The Syunik strip is effectively Iran’s only route into the South Caucasus free of Turkic influence, and thus the geopolitical stakes are high. The loss of this connection would make Iran increasingly reliant on the goodwill of the Turko-Azerbaijani alliance, putting the two countries in a very powerful position. Such a development would probably also put paid to Iran’s hopes of building a corridor to Georgia. 

Iran would also lose its current leverage over Azerbaijan, which has to use Iranian transit routes to reach its Nakhchivan exclave. In July, Iran’s Supreme Leader Ayatollah Ali Khamenei voiced his displeasure with a potential Azeri transport corridor through Armenian territory, cutting out his country. 

Iran’s recent moves thus have to be seen within this wider geo-economic prism. The competition with Turkey is silent but nevertheless serves as a driving force in shaping Iran’s posture. Russia can be relied on to offer some support, since it too worries about Turkish assertiveness, as it has since Czarist times.
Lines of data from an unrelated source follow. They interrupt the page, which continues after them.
//! The limits of a desk, and the numbers by which things are known in its tables and outside. Each function does
//! nothing: its contract is the law.
ghost use Rattle.std.specs.Prelude.{◌≡◌, ◌≢◌, ◌≤◌, ◌↔◌, ℕ, ℤ, pos, unsigned_abs, true, false};
ghost use Rattle.rtgs_book.specs.declared.limits.TheConstants.{LARGEST_BALANCE, LARGEST_NUMBER, LARGEST_TOTAL};
ghost use Rattle.rtgs_book.specs.declared.limits.TheConstants.{LONGEST_QUEUE, MOST_PARTICIPANTS, MOST_QUEUED};
ghost use Rattle.rtgs_book.specs.declared.order_state.OrderState.TheVariants.{Held, Queued, Rejected, Settled};
ghost use Rattle.rtgs_book.specs.declared.order_state.OrderState.TheVariants.{Withdrawn};
ghost use Rattle.rtgs_book.specs.declared.phase.Phase.TheVariants.{Closed, CutOff, Open};
ghost use Rattle.rtgs_http_requests.specs.declared.feeds.limits.TheConstants.{LONGEST_BODY, LONGEST_HEAD};
ghost use Rattle.rtgs_http_requests.specs.declared.heads.limits.TheConstants.{MOST_DIGITS, MOST_FIELDS};
ghost use Rattle.rtgs_money.specs.Amounts.{IsAmount, IsCredit, IsPostingAmount};
ghost use Rattle.rtgs_money.specs.declared.code.TheConstants.Code as code;
ghost use Rattle.rtgs_money.specs.declared.date.TheConstants.BusinessDate as date;
ghost use Rattle.rtgs_money.specs.declared.key.TheConstants.Key as key;
ghost use Rattle.rtgs_money.specs.declared.key_digest.TheConstants.KeyDigest as digest;
ghost use Rattle.rtgs_money.specs.declared.name.TheConstants.Name as name;
ghost use Rattle.rtgs_money.specs.declared.reference.TheConstants.Reference as reference;
ghost use Rattle.rtgs_order_files.specs.declared.limits.TheConstants.{MOST_BYTES, MOST_ROWS};
ghost use Rattle.rtgs_promises.specs.Numbers.{IsReplied, IsUnreplied};
ghost use Rattle.rtgs_refusals.specs.declared.exit_status.TheConstants.{DONE, FAILED, MISUSED, REFUSED};
ghost use Rattle.rtgs_refusals.specs.declared.refusal_kind.RefusalKind.TheVariants as kind;
ghost use Rattle.rtgs_rows.specs.Rows.{phase_number, resolution_number, state_number};
ghost use Rattle.rtgs_rows.specs.declared.numbers.TheConstants.{VERSION};

/// **Promise 16. Each limit is this number.** Those of a book; of its amounts, in cents; of names and keys, in bytes;
/// of dates, by their years; of order files; and of requests.
// To judge it, read these 15 files: rtgs_money Amounts, code.rt, reference.rt, name.rt, key.rt, key_digest.rt, date.rt,
// credit.rt, amount.rt, posting_amount.rt, text.rt; rtgs_book limits.rt; rtgs_order_files limits.rt; rtgs_http_requests
// feeds/limits.rt, heads/limits.rt.
pub fn every_limit()
    ensures books { (MOST_PARTICIPANTS ≡ 100) × (LONGEST_QUEUE ≡ 500) × (MOST_QUEUED ≡ 50_000)
        × (LARGEST_NUMBER ≡ 999_999_999) }
    ensures totals { (LARGEST_TOTAL ≡ 1_000_000_000_000_000) × (LARGEST_BALANCE ≡ 10_900_000_000_000_000) }
    ensures amounts { ((cents : ℕ) → IsAmount cents ↔ ((1 ≤ cents) × (cents ≤ 1_000_000_000_000)))
        × ((cents : ℕ) → IsCredit cents ↔ (cents ≤ 100_000_000_000_000))
        × ((cents : ℤ) → IsPostingAmount cents
        ↔ ((cents ≢ pos 0) × (unsigned_abs cents ≤ 1_000_000_000_000_000))) }
    ensures names { (code.SHORTEST ≡ 3) × (code.LONGEST ≡ 8) × (reference.LONGEST ≡ 16) × (name.LONGEST ≡ 40)
        × (key.LENGTH ≡ 32) × (digest.LENGTH ≡ 32) }
    ensures years { (date.FIRST_YEAR ≡ 2000) × (date.LAST_YEAR ≡ 2999) }
    ensures order_files { (MOST_ROWS ≡ 500) × (MOST_BYTES ≡ 65_536) }
    ensures requests { (LONGEST_HEAD ≡ 8192) × (LONGEST_BODY ≡ 65_536) × (MOST_FIELDS ≡ 32) × (MOST_DIGITS ≡ 9) }
{}

/// **Promise 16. And each number is this one.** In the tables: their version, and what stands for a phase of the day,
/// for a plain or an automatic day, and for the state of an order. Outside: the statuses with which the program ends,
/// and the number of each refusal, with the status of its reply over HTTP.
// To judge it, read these 8 files: rtgs_promises Numbers; rtgs_rows Rows, numbers.rt; rtgs_refusals Table,
// exit_status.rt, refusal_kind.rt; rtgs_book phase.rt, order_state.rt.
pub fn every_number()
    ensures days { (VERSION ≡ 3) × (phase_number Closed ≡ 0) × (phase_number Open ≡ 1) × (phase_number CutOff ≡ 2)
        × (resolution_number false ≡ 0) × (resolution_number true ≡ 1) }
    ensures states { (state_number Queued ≡ 0) × ((mark : ℕ) → state_number (Settled mark) ≡ 1)
        × (state_number Withdrawn ≡ 2) × (state_number Rejected ≡ 3) × (state_number Held ≡ 4) }
    ensures statuses { (DONE ≡ 0) × (REFUSED ≡ 1) × (MISUSED ≡ 2) × (FAILED ≡ 3) }
    ensures commands { IsReplied kind.UnknownParticipant 1 404 × IsReplied kind.UnknownReceiver 2 409
        × IsReplied kind.SameParty 3 409 × IsReplied kind.ReferenceUsed 4 409 × IsReplied kind.NotOpen 5 409
        × IsReplied kind.NoCover 6 409 × IsReplied kind.QueueFull 7 409 × IsReplied kind.NumbersUsedUp 8 409
        × IsReplied kind.UnknownOrder 9 404 × IsReplied kind.CodeTaken 10 409 × IsReplied kind.KeyTaken 11 409
        × IsReplied kind.TooManyParticipants 12 409 × IsReplied kind.TotalTooLarge 13 409
        × IsReplied kind.WrongPhase 14 409 × IsReplied kind.WrongDate 15 409 × IsReplied kind.Weekend 16 409
        × IsReplied kind.NotQueued 17 409 × IsReplied kind.Resolvable 18 409 × IsReplied kind.Overdrawn 19 409
        × IsReplied kind.DueNotLater 20 409 }
    ensures values { IsReplied kind.BadCode 30 400 × IsReplied kind.BadReference 31 400
        × IsReplied kind.BadAmount 32 400 × IsReplied kind.BadName 33 400 × IsReplied kind.BadKey 34 400
        × IsReplied kind.BadDate 35 400 }
    ensures files { IsReplied kind.BadHeader 40 400 × IsReplied kind.BadRow 41 400 × IsReplied kind.BadCount 42 400 }
    ensures requests { IsReplied kind.BadHead 60 400 × IsReplied kind.HeadTooLong 61 413
        × IsReplied kind.NoLength 62 411 × IsReplied kind.BodyTooLong 63 413 × IsReplied kind.Truncated 64 400
        × IsReplied kind.BadJson 65 400 × IsReplied kind.WrongFields 66 400 × IsReplied kind.NoSuchRoute 67 404
        × IsReplied kind.NoKey 68 403 × IsReplied kind.AnswerLost 69 503 }
    ensures faults { IsReplied kind.OutOfMemory 90 503 × IsReplied kind.StoreFault 91 503
        × IsReplied kind.Failed 92 503 × IsUnreplied kind.NotADeskFile 93 × IsUnreplied kind.Inconsistent 94
        × IsUnreplied kind.InUse 95 × IsUnreplied kind.FileExists 96 × IsUnreplied kind.NoListen 97
        × IsUnreplied kind.NoOrderFile 98 }
{}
But the Kremlin is itself constrained because it needs Turkey, in particular, its neutrality in the disastrous war against Ukraine. This goes a long way to explaining Russia’s tolerance of Turkey’s bold moves through its rapprochement with Armenia, military aid to Azerbaijan and Georgia, and other initiatives deep inside Central Asia.  
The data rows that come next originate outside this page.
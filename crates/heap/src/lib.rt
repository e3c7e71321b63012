// Rust's BinaryHeap on a lent slice of entry numbers, with the entries' keys in another, which is lent for each call, since keys are written between the calls. A lower key is greater.
// A hole is a place whose content does not count: the entry e goes there, or further on.
// Contracts of free functions speak of the front of a slice, `FrontBelow`: in the middle of a sift it is no heap yet, so it has no model. `Below` of `push` and `pop` is about the heap and the keys lent for a call, so it is no invariant of the heap.
#![tactic(auto)]

ghost use Rattle.std.specs.Prelude.{◌≡◌, [], ◌+◌, ◌-◌, ◌<◌, ◌≤◌, length, get_or, take, slice_get, IfSome};
ghost use Rattle.model.specs.Heap.{sift_up, child, sink, push, pop};
ghost use Rattle.heap.specs.Keys.{key_in, Below, FrontBelow, HeapOf};

use std::marker::Model;

// The heap is the first `len` numbers of `order`; what stands behind them has no part. A slice with a length, since it is lent: there is no heap memory.
#[derive(Drop)]
pub struct Heap<'a> {
    order: &'a mut [usize],
    len: usize,
}

impl<'a> Model for Heap<'a> {
    ghost Value = { HeapOf };

    ghost view = { λ h. record { items = take h.len h.order.now; room = length h.order.now } };

    ghost invariant = { λ h. h.len ≤ length h.order.now };
}

// From the hole at `hole` the entry e sifts up while it is greater than the parent.
fn sift_up(order: &mut [usize], key: &[f64], e: usize, hole: usize)
    requires hole_in_bounds { (hole < length order.old) × (e < length key.now) }
    requires below { FrontBelow order.old hole (length key.now) }
    ensures { order.new ≡ sift_up hole (key_in key.now) e order.old hole }
{
    let mut i = hole;
    // `while`, since no index is counted: the place is halved.
    while 0 < i {
        let parent = (i - 1) / 2;
        let p = order[parent];
        let stays = key[p] <= key[e];
        if stays {
            break;
        }
        order[i] = p;
        i = parent;
    }
    order[i] = e;
}

// The place of the greater of the children at `left` and left + 1: the right one if equal.
fn greater_child(order: &[usize], key: &[f64], left: usize) -> usize
    requires left_in_bounds { left + 1 < length order.now }
    requires children_below { (get_or order.now left 0 < length key.now) × (get_or order.now (left + 1) 0 < length key.now) }
    ensures { (result ≡ child (key_in key.now) order.now left) × (left ≤ result) × (result ≤ left + 1) }
{
    let right = left + 1;
    if key[order[right]] <= key[order[left]] {
        right
    } else {
        left
    }
}

// From the hole at the root, among the first `end` places, the greater child moves up until the hole is at the bottom; then e sifts up.
fn sift_down_to_bottom(order: &mut [usize], key: &[f64], e: usize, end: usize)
    requires end_in_bounds { (end < length order.old) × (e < length key.now) }
    requires below { FrontBelow order.old end (length key.now) }
    ensures { order.new ≡ sink end (key_in key.now) e end order.old 0 }
{
    let mut i = 0;
    let mut left = 1;
    // `while`, since no index is counted: the place is doubled.
    while left + 1 < end {
        let c = greater_child(order, key, left);
        order[i] = order[c];
        i = c;
        left = 2 * c + 1;
    }
    if left + 1 == end {
        order[i] = order[left];
        i = left;
    }
    sift_up(order, key, e, i);
}

// One entry more: e goes into the heap of the first `len` numbers. What was public stays public, so a slice with a count can still be pushed to and popped from.
pub fn push(order: &mut [usize], key: &[f64], len: usize, e: usize)
    requires len_in_bounds { (len < length order.old) × (e < length key.now) }
    requires below { FrontBelow order.old len (length key.now) }
    ensures { take (len + 1) order.new ≡ push (key_in key.now) (take len order.old) e }
{
    sift_up(order, key, e, len);
}

// Takes the greatest entry, which stands first, out of the heap of the first `len` numbers: the last one goes to the root and sinks.
pub fn pop(order: &mut [usize], key: &[f64], len: usize) -> usize
    requires len_nonzero { (0 < len) × (len ≤ length order.old) }
    requires below { FrontBelow order.old len (length key.now) }
    ensures { (result ≡ get_or order.old 0 0) × (take (len - 1) order.new ≡ pop (key_in key.now) (take len order.old)) }
{
    let top = order[0];
    let end = len - 1;
    let last = order[end];
    sift_down_to_bottom(order, key, last, end);
    top
}

impl<'a> Heap<'a> {
    // An empty heap, with room for as many entries as the slice has places.
    pub fn new(order: &'a mut [usize]) -> Heap<'a>
        ensures { result ≡ record { items = []; room = length order.old } }
    {
        Heap { order, len: 0 }
    }

    // No entry is left.
    pub fn clear(&mut self)
        ensures { self.new ≡ record self.old { items = [] } }
    {
        self.len = 0;
    }

    // One entry more.
    pub fn push(&mut self, key: &[f64], e: usize)
        requires room { length self.old.items < self.old.room }
        requires below { Below self.old.items (length key.now) × (e < length key.now) }
        ensures { self.new ≡ record self.old { items = push (key_in key.now) self.old.items e } }
    {
        push(self.order, key, self.len, e);
        self.len += 1;
    }

    // Takes the greatest entry, which stands first, out of the heap.
    pub fn pop(&mut self, key: &[f64]) -> Option<usize>
        requires { Below self.old.items (length key.now) }
        ensures top { result ≡ slice_get self.old.items 0 }
        ensures below { IfSome result (λ e. e < length key.now) }
        ensures left { self.new ≡ record self.old { items = pop (key_in key.now) self.old.items } }
    {
        if self.len == 0 {
            return None;
        }
        let top = pop(self.order, key, self.len);
        self.len -= 1;
        Some(top)
    }
}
That by no means makes Vladimir Putin happy about the rising Turkish influence. But it means that competition is now rather sotto voce even as the stakes increase. Iran’s wargames are not mere posturing; it’s establishing that it has key interests at stake in the future of the region.  

Emil Avdaliani is a professor at European University and the Director of Middle East Studies at the Georgian think-tank, Geocase.